It’s a bit early to predict, but the Saskatchewan Public Safety Agency is expecting a normal to above normal wildfire season.
Spokesperson, Chris Clemett, says there are many factors to consider including how dry the land is, and the amount of heat and wind.
Right now the highest risk would be areas in south which weren’t affected by the spring storms, where it is very dry. Clemett says the risk will continue until it greens up.
About 50 per cent of wildfires are caused by lightning and the other half are human-caused, but at this time of year there is no lightning, so any wildfires or grass fires would be human-caused.
He urges everyone to “fire smart” your home and property.

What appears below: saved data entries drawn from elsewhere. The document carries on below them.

//! What a run left, beside what is wanted of it.
ghost use Rattle.std.specs.Prelude.{◌≡◌, IfOk, None};

use case_files::TextKind;
use rv_types::NoMemory;
use std::alloc::Global;

// The first line that differs: its number, what it is, and what is wanted, None for no line.
#[derive(Clone, Copy)]
struct Other<'a> {
    number: usize,
    found: Option<&'a str>,
    wanted: Option<&'a str>,
}

// The first line of a text, from one on, that isn't the one that is wanted. Where all are, the text behind them
// differs.
fn first_other<'a>(found: &'a str, wanted: &'a str, from: usize) -> Other<'a> {
    let mut wanted = wanted.lines();
    let mut number = from;
    for line in found.lines().skip(from) {
        number = number.saturating_add(1);
        let other = wanted.next();
        if other != Some(line) {
            return Other {
                number,
                found: Some(line),
                wanted: other,
            };
        }
    }
    Other {
        number: number.saturating_add(1),
        found: None,
        wanted: wanted.next(),
    }
}

// Tells of a line that differs.
fn told(alloc: Global, other: Other<'_>) -> Result<String, NoMemory> {
    let Other {
        number,
        found,
        wanted,
    } = other;
    let told = match (found, wanted) {
        (Some(got), Some(wanted)) => {
            format!(in alloc; "line {number}: wanted `{wanted}`, got `{got}`")?
        }
        (Some(got), None) => format!(in alloc; "line {number}: wanted no line, got `{got}`")?,
        (None, Some(wanted)) => format!(in alloc; "line {number}: wanted `{wanted}`, got no line")?,
        (None, None) => format!(in alloc; "its last line ends otherwise")?,
    };
    Ok(told)
}

// How a text differs from the whole one that is wanted; None where it is that one.
fn whole_differs(alloc: Global, found: &str, wanted: &str) -> Result<Option<String>, NoMemory>
    ensures { IfOk result (λ told. told ≡ None → found.now ≡ wanted.now) }
{
    if found == wanted {
        return Ok(None);
    }
    Ok(Some(told(alloc, first_other(found, wanted, 0))?))
}

// How a text ends otherwise than it is wanted to; None where it doesn't.
fn end_of_text_differs(
    alloc: Global,
    found: &str,
    wanted: &str,
) -> Result<Option<String>, NoMemory> {
    if found.ends_with(wanted) {
        return Ok(None);
    }
    let more = found.lines().count().saturating_sub(wanted.lines().count());
    Ok(Some(told(alloc, first_other(found, wanted, more))?))
}

// The first of these lines that a text doesn't have behind those before it; None where it has all.
fn line_lacks(alloc: Global, found: &str, wanted: &str) -> Result<Option<String>, NoMemory> {
    let mut lines = found.lines();
    let lacking = wanted
        .lines()
        .find(|wanted| !lines.any(|line| line == *wanted));
    match lacking {
        Some(line) => Ok(Some(format!(in alloc; "none of its further lines is `{line}`")?)),
        None => Ok(None),
    }
}

// The text without the number of cycles at its end.
fn without_cycles<'a>(text: &'a str) -> &'a str {
    match text.rsplit_once(" cycles ") {
        Some((before, _)) => before,
        None => text,
    }
}

/// How a text differs from one that is wanted; None where it doesn't.
pub(crate) fn text_differs(
    alloc: Global,
    kind: TextKind,
    found: &[u8],
    wanted: &str,
) -> Result<Option<String>, NoMemory> {
    let Ok(found) = std::str::from_utf8(found) else {
        return Ok(Some(String::from_str(alloc, "it is no text")?));
    };
    match kind {
        TextKind::Ends => end_of_text_differs(alloc, found, wanted),
        TextKind::Lines => line_lacks(alloc, found, wanted),
        TextKind::Cut => whole_differs(alloc, found, wanted.strip_suffix('\n').unwrap_or(wanted)),
        TextKind::SameButCycles => whole_differs(alloc, without_cycles(found), wanted.trim_end()),
        TextKind::Whole | TextKind::Report | TextKind::Same => {
            whole_differs(alloc, found, wanted)
        }
    }
}

/// How a status and a note differ from those that are wanted; None where they don't.
pub(crate) fn end_differs(
    alloc: Global,
    found: (u8, &[u8]),
    wanted: (u8, &str),
) -> Result<Option<String>, NoMemory>
    ensures { IfOk result (λ told. told ≡ None
        → (found.entry.0 ≡ wanted.entry.0) × (found.entry.1.now ≡ wanted.entry.1.now)) }
{
    let (status, note) = found;
    let (status_wanted, note_wanted) = wanted;
    if status != status_wanted {
        return Ok(Some(format!(in alloc; "the status is {status}, wanted {status_wanted}")?));
    }
    if note != note_wanted.as_bytes() {
        let note = String::from_utf8_lossy(alloc, note)?;
        let note = note.as_str();
        return Ok(Some(format!(in alloc; "the note is `{note}`, wanted `{note_wanted}`")?));
    }
    Ok(None)
}
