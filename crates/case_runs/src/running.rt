//! A run of a program over files and sinks in memory.
use case_files::{CaseFile, Failures, Program};
use rv_types::NoMemory;
use secrets_top::secrets_top;
use std::alloc::Global;
use stt_top::stt_top;
use tool_io::{Content, MemFail, MemFile, MemFiles, MemSink};

/// Room for every text of a case, in bytes.
const ROOM: usize = 65_536;

/// What a run of a program left.
#[derive(Drop)]
pub(crate) struct Left {
    pub(crate) status: u8,
    pub(crate) out: MemSink,
    pub(crate) note: MemSink,
}

// The files of a case, with the number of a read that is to fail.
fn files_of(alloc: Global, files: &[CaseFile], fail: u64) -> Result<MemFiles, NoMemory> {
    let mut held = Vec::new(alloc);
    for file in files {
        let name = Vec::from_slice(alloc, file.name.as_bytes())?;
        let bytes = Vec::from_slice(alloc, file.bytes.as_slice())?;
        held.push(MemFile {
            name: Content::new(name),
            bytes: Content::new(bytes),
        })?;
    }
    let mut fails = Vec::new(alloc);
    fails.push(fail)?;
    MemFiles::new(alloc, held, fails)
}

// A sink, with the number of a put that is to fail, 0 for none, and how many of its bytes go out before.
fn sink_of(alloc: Global, call: u64, sent: usize) -> Result<MemSink, NoMemory> {
    let mut fails = Vec::new(alloc);
    fails.push(MemFail { call, sent })?;
    MemSink::new(alloc, ROOM, fails)
}

/// Runs a program on these words and files, with what is to fail. The one error is want of memory to begin it.
pub(crate) fn run(
    alloc: Global,
    program: Program,
    words: &[&str],
    files: &[CaseFile],
    failures: Failures,
) -> Result<Left, NoMemory> {
    let mut files = files_of(alloc, files, failures.read)?;
    let mut out = sink_of(alloc, failures.put, failures.sent)?;
    let mut note = sink_of(alloc, failures.note, failures.noted)?;
    let status = match program {
        Program::Simulator => stt_top(alloc, words, &mut files, &mut out, &mut note),
        Program::Secrets => secrets_top(alloc, words, &mut files, &mut out, &mut note),
    };
    Ok(Left { status, out, note })
}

That includes pruning your trees and branches and keeping your yard free of debris.
There is one active wildfire in Saskatchewan right now, with 13 to date, as compared to the five-year average of 39.
If you are considering a controlled burn on your land, the SPSA’s Manager of Intelligence and Situational Awareness, suggests knowing the conditions of your land, the weather forecast and whether or not there is a fire ban in your area.
Jeanette Krayetski also urges land owners and Rural Municipalities to call the controlled burn line.
Otherwise, Krayetski notes that if others notice the smoke, someone could call the fire department, and if they respond and there is no emergency, most will charge the land owner a fee.
If you live within 4.5 kilometres of a provincial forest though, notifying the SPSA is not voluntary.
April through October, a Burn Notification Number is required in a provincial forest, on provincial park land or any quarter section within 4.5 kilometres of a provincial forest.